Explore tax benefits and exemptions for senior citizens under the old regime while filing ITR for FY 2024-25, including deductions under 80C, 80D, and 80TTB.
Deepak Gupta | Jun 4, 2025 |
Tax Benefits and Exemptions for Senior Citizens in ITR Filing for FY 2024-25
Filing income tax returns can be very confusing process, mainly for senior citizens. However, many deductions and exemptions are available to make this process easier and more beneficial for them under the old tax regime. Senior citizens whose age lies between 60 and 80 years of age are needed to file their returns. Those who aged 75 years earning only pension and interest income, there is a simpler option available for them.
They fan submit Form 12BBA at the bank where they receive their pension instead of filing regular tax returns. Super senior citizens (those above 80 years) don’t need to file any returns.
Under the old tax regime, the basic income limit for not paying any tax is higher for senior citizens:
Individuals whose total income is up to Rs. 5 lakhs can claim a full tax rebate under Section 87A, making their tax liability zero. The exemption limit is set to Rs. 3 lakhs for all and those earning up to Rs. 7 lakhs can claim a rebate of up to Rs. 25,000 in the new tax regime.
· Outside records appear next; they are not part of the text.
// The rows that differ, table by table.
ghost use Rattle.std.specs.Prelude.{IfOk};
ghost use Rattle.keyed.specs.Keyed.{Ascends};
ghost use Rattle.net_types.specs.KeyOrder.{l2_cmp, host_cmp, group_cmp, route_cmp};
ghost use Rattle.row_change_laws.specs.Between.{AreChangesBetween};

use crate::compare::changes_between;
use chip_core::{ChangeList, HostChangeList, L2ChangeList, MarkList, RouteChangeList};
use net_types::{HopTarget, HostKey, HostKeyList, HostRow, L2Key, L2Row, NoMemory, RouteKey};
use std::alloc::Global;

/// The changes from old rows of the l2 table to new ones: exactly the keys whose rows differ,
/// ascending, each with both rows.
pub fn l2_changes(
    alloc: Global,
    old: Vec<(L2Key, L2Row)>,
    new: Vec<(L2Key, L2Row)>,
) -> Result<L2ChangeList, NoMemory>
    requires old { Ascends l2_cmp old.items }
    requires new { Ascends l2_cmp new.items }
    ensures { IfOk result (λ changes. AreChangesBetween l2_cmp changes old.items new.items) }
{
    changes_between(alloc, old, new)
}

/// The same of the host table.
pub fn host_changes(
    alloc: Global,
    old: Vec<(HostKey, HostRow)>,
    new: Vec<(HostKey, HostRow)>,
) -> Result<HostChangeList, NoMemory>
    requires old { Ascends host_cmp old.items }
    requires new { Ascends host_cmp new.items }
    ensures { IfOk result (λ changes. AreChangesBetween host_cmp changes old.items new.items) }
{
    changes_between(alloc, old, new)
}

/// The same of the group table.
pub fn group_changes(
    alloc: Global,
    old: Vec<(HostKeyList, MarkList)>,
    new: Vec<(HostKeyList, MarkList)>,
) -> Result<ChangeList<HostKeyList, MarkList>, NoMemory>
    requires old { Ascends group_cmp old.items }
    requires new { Ascends group_cmp new.items }
    ensures { IfOk result (λ changes. AreChangesBetween group_cmp changes old.items new.items) }
{
    changes_between(alloc, old, new)
}

/// The same of the route table.
pub fn route_changes(
    alloc: Global,
    old: Vec<(RouteKey, HopTarget)>,
    new: Vec<(RouteKey, HopTarget)>,
) -> Result<RouteChangeList, NoMemory>
    requires old { Ascends route_cmp old.items }
    requires new { Ascends route_cmp new.items }
    ensures { IfOk result (λ changes. AreChangesBetween route_cmp changes old.items new.items) }
{
    changes_between(alloc, old, new)
}
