//! What holds of the tokens of texts, whatever the code: each function here does nothing, and what it ensures is a law.
ghost use Rattle.std.specs.Prelude.{◌≡◌, ℕ, ◌+◌, false, List, [], ◌∷◌, ◌++◌, Some, length, IsTrue};
ghost use Rattle.std.specs.Str.{IsUtf8};
ghost use Rattle.ssr_syntax_lex.specs.Seams.{is_seam, side_by_side, ends_in_line_comment, has_token_at, begins_at_seam, ends_at_seam};
ghost use Rattle.ssr_syntax_lex.specs.Tokens.{tokens};
ghost use Rattle.ssr_syntax_lex.specs.declared.tokens.RawToken.{RawToken};

/// The tokens of two texts side by side are those of both, if the second text begins with a bracket, a comma or a `;`, or
/// the first one ends with one, and no comment to the end of a line ends the first. The other way round, a text is cut in
/// front of such a character and behind it, where one of its tokens begins there. The character is a token of its own.
/// Behind the first text tokens begin just where they do in the second.
pub fn seams()
    ensures before { (a b : List ℕ) (c : ℕ) (ts us : List RawToken) → IsUtf8 a → IsTrue (is_seam c)
        → tokens a ≡ Some ts → tokens (c ∷ b) ≡ Some us → ends_in_line_comment a ts ≡ false
        → tokens (a ++ c ∷ b) ≡ Some (side_by_side (length a) ts us) }
    ensures behind { (a b : List ℕ) (c : ℕ) (ts us : List RawToken) → IsUtf8 a → IsTrue (is_seam c)
        → tokens (a ++ c ∷ []) ≡ Some ts → tokens b ≡ Some us → ends_in_line_comment (a ++ c ∷ []) ts ≡ false
        → tokens (a ++ c ∷ b) ≡ Some (side_by_side (length a + 1) ts us) }
    ensures cut_before { (a b : List ℕ) (c : ℕ) (ws : List RawToken) → IsUtf8 a → IsTrue (is_seam c)
        → tokens (a ++ c ∷ b) ≡ Some ws → IsTrue (has_token_at (length a) ws)
        → (ts : List RawToken) × (us : List RawToken) × (tokens a ≡ Some ts) × (tokens (c ∷ b) ≡ Some us)
        × (ends_in_line_comment a ts ≡ false) × (ws ≡ side_by_side (length a) ts us) }
    ensures cut_behind { (a b : List ℕ) (c : ℕ) (ws : List RawToken) → IsUtf8 a → IsTrue (is_seam c)
        → tokens (a ++ c ∷ b) ≡ Some ws → IsTrue (has_token_at (length a) ws)
        → (ts : List RawToken) × (us : List RawToken) × (tokens (a ++ c ∷ []) ≡ Some ts) × (tokens b ≡ Some us)
        × (ends_in_line_comment (a ++ c ∷ []) ts ≡ false) × (ws ≡ side_by_side (length a + 1) ts us) }
    ensures places { (a : List ℕ) (place : ℕ) (ts us : List RawToken) → IsUtf8 a → tokens a ≡ Some ts
        → has_token_at (length a + place) (side_by_side (length a) ts us) ≡ has_token_at place us }
    ensures first { (b : List ℕ) (c : ℕ) (us : List RawToken) → IsTrue (is_seam c) → tokens (c ∷ b) ≡ Some us → IsTrue (begins_at_seam us) }
    ensures last { (a : List ℕ) (c : ℕ) (ts : List RawToken) → IsUtf8 a → IsTrue (is_seam c) → tokens (a ++ c ∷ []) ≡ Some ts
        → ends_in_line_comment (a ++ c ∷ []) ts ≡ false → IsTrue (ends_at_seam ts) }
{}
Pensioners also get a standard deduction of Rs. 75,000 under the new regime, compared to Rs. 50,000 in the old one.
Investments in SCSS are eligible for tax deductions under Section 80C. Individuals above 60 years of age and some retirees below that age are available for this scheme. Investments up to Rs. 30 lakh qualify for a deduction of up to Rs. 1.5 lakh. However, if interest earned in a year from SCSS crosses Rs. 50,000, it becomes taxable. The scheme offers 8.2% interest per year, paid every quarter.
Senior citizens can claim up to Rs. 50,000 as a deduction on health insurance premiums. If children are paying the premium for their senior citizen parents, then they can also claim this amount. The total benefit can be up to Rs. 75,000. If a senior citizen pays for their parents’ policy, the deduction can be up to Rs. 1 lakh. Those without insurance can claim up to Rs. 50,000 for medical expenses.
Interest earned on savings and fixed deposits in banks and post offices is eligible for a deduction of up to Rs. 50,000. If the interest goes beyond this, the extra amount is taxable.
These tax benefits give senior citizens a chance to save more and reduce the burden of tax during retirement.